Run with DEBUG_AGENT=1 python agent.py to pause at each step. Run without it for non-interactive traces in CI or staging.

PII Redaction in Logs

Agent logs often contain sensitive data. Before emitting to any external system, redact it:

import re

PII_PATTERNS = [
    (re.compile(r'\b[\w.+-]+@[\w-]+\.[a-z]{2,}\b'), '[EMAIL]'),
    (re.compile(r'\b\d{3}[-.]?\d{3}[-.]?\d{4}\b'), '[PHONE]'),
    (re.compile(r'\b\d{4}[- ]?\d{4}[- ]?\d{4}[- ]?\d{4}\b'), '[CARD]'),
    (re.compile(r'\bsk-[a-zA-Z0-9]{20,}\b'), '[API_KEY]'),
]

def redact(text: str) -> str:
    for pattern, replacement in PII_PATTERNS:
        text = pattern.sub(replacement, text)
    return text

def safe_log_event(event: AgentEvent):
    safe = asdict(event)
    safe["content"] = json.loads(redact(json.dumps(safe["content"])))
    log_event(AgentEvent(**safe))  # or print directly

Apply redaction in the log emission layer, not at the application layer. The agent still sees the real data — only the logs are sanitized.

Post-Mortem Analysis

When an agent run fails in production, your trace gives you everything you need:

Load the trace by trace_id from your log store
Find the divergence point — the first step where the model output looks unexpected
Check tool inputs/outputs at that step — was a tool returning bad data?
Re-run the trace up to that step with the same inputs to reproduce the failure
Inspect the full message history at the failing step to see what context the model had

The structured logs from run_traced_agent contain everything needed for steps 1–4. For step 5, add an option to dump the raw messages list at each step:

if os.getenv("DUMP_MESSAGES") == "1":
    with open(f"trace_{agent.trace_id}_messages.json", "w") as f:
        json.dump(messages, f, indent=2, default=str)

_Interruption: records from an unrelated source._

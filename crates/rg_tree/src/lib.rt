// Values under numbers, in a tree of which an edit gives a new one that shares all but a path with the old one; and the
// hashes of texts, by which they are placed there.
#![tactic(auto)]

mod edit;
mod hash;
mod tree;

pub use hash::{hash_of, hash_of_state, step};
pub use tree::{Placed, Tree};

This creates a replayable artifact. Given the same messages at step N, the model will produce similar output — making failures reproducible even in non-deterministic systems.

What to Measure

Three metrics matter most for production agent health:

Task completion rate — what fraction of runs reach final_answer vs. hitting max_steps or an error. Baseline this per task type; a research task completing in 10 steps isn’t comparable to a simple lookup in 2.

Token cost per task — sum input_tokens + output_tokens across all steps. Track this over time. A 20% increase in cost with no change in completion rate usually signals prompt degradation or a task complexity shift.

Tool error rate — error_steps / total_steps. Spikes in this metric point directly to a broken tool or API. Since tool errors cascade into model confusion, fixing the tool almost always improves completion rate too.

Observability in agent systems isn’t optional — it’s the difference between a system you can iterate on and one you can only restart when it breaks. Start with structured events and trace IDs. Add loop detection. Push metrics. The investment pays off the first time you have a production failure and can reconstruct exactly what happened instead of guessing.